OBJECTIVE OF THE INVENTION
[0014] An objective of the present invention is to provide a process for development of a new generation advanced polycarboxylate ether (APCE) superplasticizer.
[0015] Another objective of the present invention is to provide APCE superplasticizer which is bio-based and having more than one biomaterial as a starting material.
[0016] Another objective of the present invention is to provide APCE which aims to provide longer workability, high water reduction, high early strength, good dispersion and also provide excellent rheology by suppressing water bleeding thereby improving strength of cement composites.

SUMMARY OF THE INVENTION
[0017] The present invention relates to a process for preparing bio-based, new generation advanced polycarboxylate ethers (APCE) superplasticizer, having more than one biomaterial as a starting material.
[0018] In an aspect, the present invention relates to a process for preparing polycarboxylate ethers wherein the process comprises the step of reacting more than one biomaterial as a starting material.

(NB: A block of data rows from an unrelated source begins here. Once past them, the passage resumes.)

//! Uses of constants and operators: an input is taken where it is first used.
ghost use Rattle.std.specs.Prelude.{◌≡◌, ◌<◌, ◌++◌, ◌∷◌, [], None, Some, false, length, map, IfOk, IfErr, OnOk, OnErr};
ghost use Rattle.hol_spec.specs.Lists.{is_in, union};
ghost use Rattle.hol_spec.specs.NameEquality.{name_eq};
ghost use Rattle.hol_spec.specs.Substitution.{is_instance as is_instance_of};
ghost use Rattle.hol_spec.specs.Symbols.{generic_type, operator_arity, new_constant, new_operator};
ghost use Rattle.hol_type.specs.Tables.{tree_at};
ghost use Rattle.hol_term.specs.Tables.{Trees, type_at};
ghost use Rattle.hol_defs.specs.Generics.{generic_at, IsGenericKnown};
ghost use Rattle.hol_defs.specs.Indexes.{inputs_of, taken_of, uses_of, same_use};
ghost use Rattle.hol_defs.specs.Refusals.{FitsGeneric, FitsArity, RefusesConstant, RefusesOperator};
ghost use Rattle.hol_defs.specs.Symbols.{Taken, symbols_at, AreKnownSymbols};

use crate::entry::Entry;
use crate::primitive::Primitive;
use crate::tables::{NameSet, Uses};
use crate::{Generic, Symbols};
use common::{Fault, Kind, Memory};
use hol_name::Name;
use hol_term::TermTable;
use hol_type::{TypeId, TypeTable};

impl Symbols {
    /// The use of a constant of this name at a type (OpenTheory article format, version 6, `constTerm`): it is taken
    /// where it is no constant yet. It is refused with `BadConstType` exactly where it has a generic type of which
    /// this type is no instance.
    pub fn use_const(&mut self, table: &mut TermTable, name: &Name, ty: TypeId) -> Result<(), Fault>
        requires ty { ty.0 < length table.old.types }
        requires known { AreKnownSymbols table.old self.old }
        ensures takes { OnOk result (symbols_at table.new self.new ≡ symbols_at table.old self.old ++ new_constant (symbols_at table.old self.old) name.now) }
        ensures fits { OnOk result (FitsGeneric (generic_type (symbols_at table.old self.old) name.now) (type_at table.old ty.0)) }
        ensures refusal { IfErr result (λ fault. RefusesConstant fault (generic_type (symbols_at table.old self.old) name.now) (type_at table.old ty.0)) }
        ensures unchanged { OnErr result (self.new ≡ self.old) }
        ensures known { AreKnownSymbols table.new self.new }
        ensures table { table.new ≡ table.old }
    {
        match self.generic(name) {
            Some(generic) => fits(table.types(), generic, ty),
            None => {
                self.use_input(name)?;
                Ok(())
            }
        }
    }

    /// The use of an operator of this name with `arity` arguments (OpenTheory article format, version 6, `opType`):
    /// it is taken where it is no operator yet. It is refused with `BadArity` exactly where it is an operator that
    /// takes another number of arguments.
    pub fn use_op(&mut self, name: &Name, arity: usize) -> Result<(), Fault>
        ensures takes { OnOk result ((trees : Trees) →
            symbols_at trees self.new ≡ symbols_at trees self.old ++ new_operator (symbols_at trees self.old) name.now arity) }
        ensures fits { OnOk result ((trees : Trees) → FitsArity (operator_arity (symbols_at trees self.old) name.now) arity) }
        ensures refusal { IfErr result (λ fault. (trees : Trees) → RefusesOperator fault (operator_arity (symbols_at trees self.old) name.now) arity) }
        ensures unchanged { OnErr result (self.new ≡ self.old) }
        ensures known { (trees : Trees) → AreKnownSymbols trees self.old → AreKnownSymbols trees self.new }
    {
        match self.arity(name) {
            Some(own) => {
                if own == arity {
                    Ok(())
                } else {
                    Err(Fault::Refused(Kind::BadArity))
                }
            }
            None => {
                self.use_input_operator(name, arity)?;
                Ok(())
            }
        }
    }

    // The use of a constant without a generic type.
    fn use_input(&mut self, name: &Name) -> Result<(), Memory>
        ensures takes { OnOk result ((trees : Trees) → generic_type (symbols_at trees self.old) name.now ≡ None →
            symbols_at trees self.new ≡ symbols_at trees self.old ++ new_constant (symbols_at trees self.old) name.now) }
        ensures unchanged { OnErr result (self.new ≡ self.old) }
        ensures known { (trees : Trees) → AreKnownSymbols trees self.old → AreKnownSymbols trees self.new }
    {
        if self.is_input(name) {
            return Ok(());
        }
        self.take_input(name)?;
        Ok(())
    }

    // The use of an operator of which no number of arguments is settled.
    fn use_input_operator(&mut self, name: &Name, arity: usize) -> Result<(), Memory>
        ensures takes { OnOk result ((trees : Trees) → operator_arity (symbols_at trees self.old) name.now ≡ None →
            symbols_at trees self.new ≡ symbols_at trees self.old ++ new_operator (symbols_at trees self.old) name.now arity) }
        ensures unchanged { OnErr result (self.new ≡ self.old) }
        ensures known { (trees : Trees) → AreKnownSymbols trees self.old → AreKnownSymbols trees self.new }
    {
        let operator = (name.clone()?, arity);
        let is_use = self.is_use(&operator);
        drop(operator);
        if is_use {
            return Ok(());
        }
        self.take_input_operator(name, arity)?;
        Ok(())
    }

    // Takes an input constant that isn't taken.
    fn take_input(&mut self, name: &Name) -> Result<(), Memory>
        requires { is_in name_eq name.now (inputs_of self.old) ≡ false }
        ensures takes { OnOk result (self.new ≡ self.old ++ Taken.input_constant name.now ∷ []) }
        ensures unchanged { OnErr result (self.new ≡ self.old) }
    {
        let count = self.taken.len();
        push_input(&mut self.taken, name)?;
        match self.inputs.add_copy(name) {
            Ok(()) => Ok(()),
            Err(_) => {
                self.taken.truncate(count);
                Err(Memory)
            }
        }
    }

    // Takes an input operator that isn't taken with so many arguments.
    fn take_input_operator(&mut self, name: &Name, arity: usize) -> Result<(), Memory>
        requires { is_in same_use (name.now, arity) (uses_of self.old) ≡ false }
        ensures takes { OnOk result (self.new ≡ self.old ++ Taken.input_operator name.now arity ∷ []) }
        ensures unchanged { OnErr result (self.new ≡ self.old) }
    {
        let count = self.taken.len();
        push_input_operator(&mut self.taken, name, arity)?;
        match add_use(&mut self.uses, &mut self.names, name, arity) {
            Ok(()) => Ok(()),
            Err(_) => {
                self.taken.truncate(count);
                Err(Memory)
            }
        }
    }
}

// Puts an input constant last.
fn push_input(taken: &mut Vec<Entry>, name: &Name) -> Result<(), Memory>
    ensures takes { OnOk result (map taken_of taken.new.items ≡ map taken_of taken.old.items ++ Taken.input_constant name.now ∷ []) }
    ensures unchanged { OnErr result (taken.new.items ≡ taken.old.items) }
{
    taken.push(Entry::InputConst(name.clone()?))?;
    Ok(())
}

// Puts an input operator last.
fn push_input_operator(taken: &mut Vec<Entry>, name: &Name, arity: usize) -> Result<(), Memory>
    ensures takes { OnOk result (map taken_of taken.new.items ≡ map taken_of taken.old.items ++ Taken.input_operator name.now arity ∷ []) }
    ensures unchanged { OnErr result (taken.new.items ≡ taken.old.items) }
{
    taken.push(Entry::InputOp(name.clone()?, arity))?;
    Ok(())
}

// Notes an operator at a number of arguments, and its name.
fn add_use(uses: &mut Uses, names: &mut NameSet, name: &Name, arity: usize) -> Result<(), Memory>
    ensures uses { OnOk result (uses.new ≡ union same_use uses.old ((name.now, arity) ∷ [])) }
    ensures names { OnOk result (names.new ≡ union name_eq names.old (name.now ∷ [])) }
    ensures no_use { OnErr result (uses.new ≡ uses.old) }
    ensures no_name { OnErr result (names.new ≡ names.old) }
{
    let count = uses.len();
    uses.add((name.clone()?, arity))?;
    match names.add_copy(name) {
        Ok(()) => Ok(()),
        Err(_) => {
            uses.cut(count);
            Err(Memory)
        }
    }
}

// Whether a constant of this generic type may stand at a type.
fn fits(types: &TypeTable, generic: Generic, ty: TypeId) -> Result<(), Fault>
    requires generic { IsGenericKnown types.now generic }
    requires ty { ty.0 < length types.now }
    ensures fits { OnOk result (FitsGeneric (Some (generic_at types.now generic)) (tree_at types.now ty.0)) }
    ensures refusal { IfErr result (λ fault. RefusesConstant fault (Some (generic_at types.now generic)) (tree_at types.now ty.0)) }
{
    if may_stand(types, generic, ty)? {
        Ok(())
    } else {
        Err(Fault::Refused(Kind::BadConstType))
    }
}

// Whether a type is an instance of a generic one.
fn may_stand(types: &TypeTable, generic: Generic, ty: TypeId) -> Result<bool, Memory>
    requires generic { IsGenericKnown types.now generic }
    requires ty { ty.0 < length types.now }
    ensures { IfOk result (λ may. may ≡ is_instance_of (generic_at types.now generic) (tree_at types.now ty.0)) }
{
    match generic {
        Generic::Eq => Ok(Primitive::Equality.stands_at(types, ty)),
        Generic::Select => Ok(Primitive::Choice.stands_at(types, ty)),
        Generic::Defined(id) => is_instance(types, id, ty),
    }
}

// Whether a type is an instance of another.
fn is_instance(types: &TypeTable, general: TypeId, ty: TypeId) -> Result<bool, Memory>
    requires general { general.0 < length types.now }
    requires ty { ty.0 < length types.now }
    ensures { IfOk result (λ is. is ≡ is_instance_of (tree_at types.now general.0) (tree_at types.now ty.0)) }
{
    let found = types.match_to(general, ty)?;
    Ok(found.is_some())
}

[0019] In an aspect, the present invention relates to a process for preparation of polycarboxylate ethers superplasticizer comprising the steps of:
a) adding more than one biomaterial into deionized water under nitrogen atmosphere;
b) adding hydrogen peroxide to a mixture obtained in step (a) to obtain a reaction mixture;
c) adding carboxylic acid, mercaptoacetic acid and ascorbic acid to the reaction mixture of step b); and
d) neutralizing the reaction mixture of step (c) to pH in a range of 5.8 to 6.8 to obtain the polycarboxylate ethers superplasticizer.
[0020] In an aspect of the present invention, the biomaterial is alkyl acrylamide monomer, or vinyl polyethylene glycol.
[0021] In an aspect of the present invention, the biomaterial contains chain of polyethylene oxide, terminally modified polyethylene oxide, carboxylic acid or a salt thereof.
[0022] In another aspect of the present invention, the biomaterial includes various macromonomer and monomers.
[0023] In another aspect of the present invention, the polymer mass concentration ratio in the process of preparation of APCE is ranging from 30% to 50 %.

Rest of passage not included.